## WHAT IS EXPECTED
Give back all of the records, exactly and completely.

Top of INPUT DATA

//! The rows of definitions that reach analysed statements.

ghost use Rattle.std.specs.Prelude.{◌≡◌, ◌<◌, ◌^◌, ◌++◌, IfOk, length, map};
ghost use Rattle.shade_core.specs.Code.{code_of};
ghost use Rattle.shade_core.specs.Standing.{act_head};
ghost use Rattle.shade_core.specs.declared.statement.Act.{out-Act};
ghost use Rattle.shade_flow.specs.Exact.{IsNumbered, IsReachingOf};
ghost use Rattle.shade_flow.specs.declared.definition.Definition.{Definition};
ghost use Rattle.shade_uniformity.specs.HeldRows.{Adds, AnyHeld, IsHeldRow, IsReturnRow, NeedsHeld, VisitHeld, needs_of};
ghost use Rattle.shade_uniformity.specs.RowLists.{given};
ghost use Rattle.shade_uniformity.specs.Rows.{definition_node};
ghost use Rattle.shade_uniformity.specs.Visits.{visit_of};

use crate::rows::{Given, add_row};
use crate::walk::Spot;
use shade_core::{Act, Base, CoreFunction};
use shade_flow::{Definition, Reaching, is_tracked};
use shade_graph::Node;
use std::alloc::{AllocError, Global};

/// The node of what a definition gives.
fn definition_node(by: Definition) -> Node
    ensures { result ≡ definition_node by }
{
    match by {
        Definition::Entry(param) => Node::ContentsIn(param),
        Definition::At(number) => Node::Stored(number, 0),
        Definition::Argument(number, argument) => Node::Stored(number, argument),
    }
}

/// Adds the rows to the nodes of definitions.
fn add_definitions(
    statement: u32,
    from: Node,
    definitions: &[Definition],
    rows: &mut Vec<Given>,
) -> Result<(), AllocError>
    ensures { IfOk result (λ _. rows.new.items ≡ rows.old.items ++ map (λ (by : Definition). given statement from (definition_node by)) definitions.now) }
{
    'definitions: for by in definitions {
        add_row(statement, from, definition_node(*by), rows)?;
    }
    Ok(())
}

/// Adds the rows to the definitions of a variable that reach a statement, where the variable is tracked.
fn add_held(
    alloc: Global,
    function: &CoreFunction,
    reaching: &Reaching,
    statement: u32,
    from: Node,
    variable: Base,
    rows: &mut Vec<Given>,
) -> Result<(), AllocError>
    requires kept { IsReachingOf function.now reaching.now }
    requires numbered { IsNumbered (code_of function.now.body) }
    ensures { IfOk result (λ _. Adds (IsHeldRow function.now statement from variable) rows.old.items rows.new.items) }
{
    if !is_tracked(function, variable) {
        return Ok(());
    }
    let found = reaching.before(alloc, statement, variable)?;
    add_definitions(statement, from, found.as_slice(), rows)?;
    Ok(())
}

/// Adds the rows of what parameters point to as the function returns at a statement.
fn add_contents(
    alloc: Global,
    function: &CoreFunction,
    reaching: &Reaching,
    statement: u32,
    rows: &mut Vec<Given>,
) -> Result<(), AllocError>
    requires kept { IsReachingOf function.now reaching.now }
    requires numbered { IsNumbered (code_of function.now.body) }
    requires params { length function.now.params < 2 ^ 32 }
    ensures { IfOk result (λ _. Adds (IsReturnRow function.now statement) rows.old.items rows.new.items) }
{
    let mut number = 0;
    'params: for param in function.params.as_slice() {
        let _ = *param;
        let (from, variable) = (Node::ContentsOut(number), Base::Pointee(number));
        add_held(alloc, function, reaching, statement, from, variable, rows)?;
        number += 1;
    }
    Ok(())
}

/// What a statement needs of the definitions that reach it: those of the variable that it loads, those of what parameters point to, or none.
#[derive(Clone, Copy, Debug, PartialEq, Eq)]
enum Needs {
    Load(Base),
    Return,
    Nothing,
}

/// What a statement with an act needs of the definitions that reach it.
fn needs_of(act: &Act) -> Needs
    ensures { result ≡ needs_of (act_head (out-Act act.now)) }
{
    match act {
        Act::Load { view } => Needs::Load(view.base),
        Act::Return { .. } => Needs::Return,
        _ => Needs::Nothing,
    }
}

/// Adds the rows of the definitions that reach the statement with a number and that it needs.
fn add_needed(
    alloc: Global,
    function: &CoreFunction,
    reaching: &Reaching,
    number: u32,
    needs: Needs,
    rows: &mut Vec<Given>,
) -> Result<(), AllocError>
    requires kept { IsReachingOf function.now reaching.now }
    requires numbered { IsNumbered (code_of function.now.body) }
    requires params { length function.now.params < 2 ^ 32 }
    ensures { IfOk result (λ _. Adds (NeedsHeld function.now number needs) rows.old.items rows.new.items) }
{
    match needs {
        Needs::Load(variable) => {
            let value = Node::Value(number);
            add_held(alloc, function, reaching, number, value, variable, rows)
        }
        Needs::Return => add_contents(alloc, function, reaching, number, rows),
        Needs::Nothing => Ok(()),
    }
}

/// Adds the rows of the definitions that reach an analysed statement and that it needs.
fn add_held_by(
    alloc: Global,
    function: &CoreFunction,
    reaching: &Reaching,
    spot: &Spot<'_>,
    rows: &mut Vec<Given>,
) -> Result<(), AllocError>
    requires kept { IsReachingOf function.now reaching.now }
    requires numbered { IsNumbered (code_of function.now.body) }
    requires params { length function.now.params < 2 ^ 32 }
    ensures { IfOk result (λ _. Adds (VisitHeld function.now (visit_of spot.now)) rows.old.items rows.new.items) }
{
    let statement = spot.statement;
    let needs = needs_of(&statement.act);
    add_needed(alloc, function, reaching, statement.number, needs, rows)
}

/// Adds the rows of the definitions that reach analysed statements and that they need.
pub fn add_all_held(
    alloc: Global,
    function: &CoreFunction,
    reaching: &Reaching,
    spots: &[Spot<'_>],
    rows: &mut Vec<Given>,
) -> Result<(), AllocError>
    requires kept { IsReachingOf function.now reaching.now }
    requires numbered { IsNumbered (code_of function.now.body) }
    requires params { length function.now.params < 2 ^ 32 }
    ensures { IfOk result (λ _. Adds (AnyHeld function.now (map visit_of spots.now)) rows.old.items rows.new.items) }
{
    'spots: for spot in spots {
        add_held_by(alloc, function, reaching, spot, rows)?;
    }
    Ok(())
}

Bottom of INPUT DATA

## RESULT OF THE EXERCISE
//! The rows of definitions that reach analysed statements.

ghost use Rattle.std.specs.Prelude.{◌≡◌, ◌<◌, ◌^◌, ◌++◌, IfOk, length, map};
ghost use Rattle.shade_core.specs.Code.{code_of};
ghost use Rattle.shade_core.specs.Standing.{act_head};
ghost use Rattle.shade_core.specs.declared.statement.Act.{out-Act};
ghost use Rattle.shade_flow.specs.Exact.{IsNumbered, IsReachingOf};
ghost use Rattle.shade_flow.specs.declared.definition.Definition.{Definition};
ghost use Rattle.shade_uniformity.specs.HeldRows.{Adds, AnyHeld, IsHeldRow, IsReturnRow, NeedsHeld, VisitHeld, needs_of};
ghost use Rattle.shade_uniformity.specs.RowLists.{given};
ghost use Rattle.shade_uniformity.specs.Rows.{definition_node};
ghost use Rattle.shade_uniformity.specs.Visits.{visit_of};

use crate::rows::{Given, add_row};
use crate::walk::Spot;
use shade_core::{Act, Base, CoreFunction};
use shade_flow::{Definition, Reaching, is_tracked};
use shade_graph::Node;
use std::alloc::{AllocError, Global};

/// The node of what a definition gives.
fn definition_node(by: Definition) -> Node
    ensures { result ≡ definition_node by }
{
    match by {
        Definition::Entry(param) => Node::ContentsIn(param),
        Definition::At(number) => Node::Stored(number, 0),
        Definition::Argument(number, argument) => Node::Stored(number, argument),
    }
}

/// Adds the rows to the nodes of definitions.
fn add_definitions(
    statement: u32,
    from: Node,
    definitions: &[Definition],
    rows: &mut Vec<Given>,
) -> Result<(), AllocError>
    ensures { IfOk result (λ _. rows.new.items ≡ rows.old.items ++ map (λ (by : Definition). given statement from (definition_node by)) definitions.now) }
{
    'definitions: for by in definitions {
        add_row(statement, from, definition_node(*by), rows)?;
    }
    Ok(())
}

/// Adds the rows to the definitions of a variable that reach a statement, where the variable is tracked.
fn add_held(
    alloc: Global,
    function: &CoreFunction,
    reaching: &Reaching,
    statement: u32,
    from: Node,
    variable: Base,
    rows: &mut Vec<Given>,
) -> Result<(), AllocError>
    requires kept { IsReachingOf function.now reaching.now }
    requires numbered { IsNumbered (code_of function.now.body) }
    ensures { IfOk result (λ _. Adds (IsHeldRow function.now statement from variable) rows.old.items rows.new.items) }
{
    if !is_tracked(function, variable) {
        return Ok(());
    }
    let found = reaching.before(alloc, statement, variable)?;
    add_definitions(statement, from, found.as_slice(), rows)?;
    Ok(())
}

/// Adds the rows of what parameters point to as the function returns at a statement.
fn add_contents(
    alloc: Global,
    function: &CoreFunction,
    reaching: &Reaching,
    statement: u32,
    rows: &mut Vec<Given>,
) -> Result<(), AllocError>
    requires kept { IsReachingOf function.now reaching.now }
    requires numbered { IsNumbered (code_of function.now.body) }
    requires params { length function.now.params < 2 ^ 32 }
    ensures { IfOk result (λ _. Adds (IsReturnRow function.now statement) rows.old.items rows.new.items) }
{
    let mut number = 0;
    'params: for param in function.params.as_slice() {
        let _ = *param;
        let (from, variable) = (Node::ContentsOut(number), Base::Pointee(number));
        add_held(alloc, function, reaching, statement, from, variable, rows)?;
        number += 1;
    }
    Ok(())
}

/// What a statement needs of the definitions that reach it: those of the variable that it loads, those of what parameters point to, or none.
#[derive(Clone, Copy, Debug, PartialEq, Eq)]
enum Needs {
    Load(Base),
    Return,
    Nothing,
}

/// What a statement with an act needs of the definitions that reach it.
fn needs_of(act: &Act) -> Needs
    ensures { result ≡ needs_of (act_head (out-Act act.now)) }
{
    match act {
        Act::Load { view } => Needs::Load(view.base),
        Act::Return { .. } => Needs::Return,
        _ => Needs::Nothing,
    }
}

/// Adds the rows of the definitions that reach the statement with a number and that it needs.
fn add_needed(
    alloc: Global,
    function: &CoreFunction,
    reaching: &Reaching,
    number: u32,
    needs: Needs,
    rows: &mut Vec<Given>,
) -> Result<(), AllocError>
    requires kept { IsReachingOf function.now reaching.now }
    requires numbered { IsNumbered (code_of function.now.body) }
    requires params { length function.now.params < 2 ^ 32 }
    ensures { IfOk result (λ _. Adds (NeedsHeld function.now number needs) rows.old.items rows.new.items) }
{
    match needs {
        Needs::Load(variable) => {
            let value = Node::Value(number);
            add_held(alloc, function, reaching, number, value, variable, rows)
        }
        Needs::Return => add_contents(alloc, function, reaching, number, rows),
        Needs::Nothing => Ok(()),
    }
}

/// Adds the rows of the definitions that reach an analysed statement and that it needs.
fn add_held_by(
    alloc: Global,
    function: &CoreFunction,
    reaching: &Reaching,
    spot: &Spot<'_>,
    rows: &mut Vec<Given>,
) -> Result<(), AllocError>
    requires kept { IsReachingOf function.now reaching.now }
    requires numbered { IsNumbered (code_of function.now.body) }
    requires params { length function.now.params < 2 ^ 32 }
    ensures { IfOk result (λ _. Adds (VisitHeld function.now (visit_of spot.now)) rows.old.items rows.new.items) }
{
    let statement = spot.statement;
    let needs = needs_of(&statement.act);
    add_needed(alloc, function, reaching, statement.number, needs, rows)
}

/// Adds the rows of the definitions that reach analysed statements and that they need.
pub fn add_all_held(
    alloc: Global,
    function: &CoreFunction,
    reaching: &Reaching,
    spots: &[Spot<'_>],
    rows: &mut Vec<Given>,
) -> Result<(), AllocError>
    requires kept { IsReachingOf function.now reaching.now }
    requires numbered { IsNumbered (code_of function.now.body) }
    requires params { length function.now.params < 2 ^ 32 }
    ensures { IfOk result (λ _. Adds (AnyHeld function.now (map visit_of spots.now)) rows.old.items rows.new.items) }
{
    'spots: for spot in spots {
        add_held_by(alloc, function, reaching, spot, rows)?;
    }
    Ok(())
}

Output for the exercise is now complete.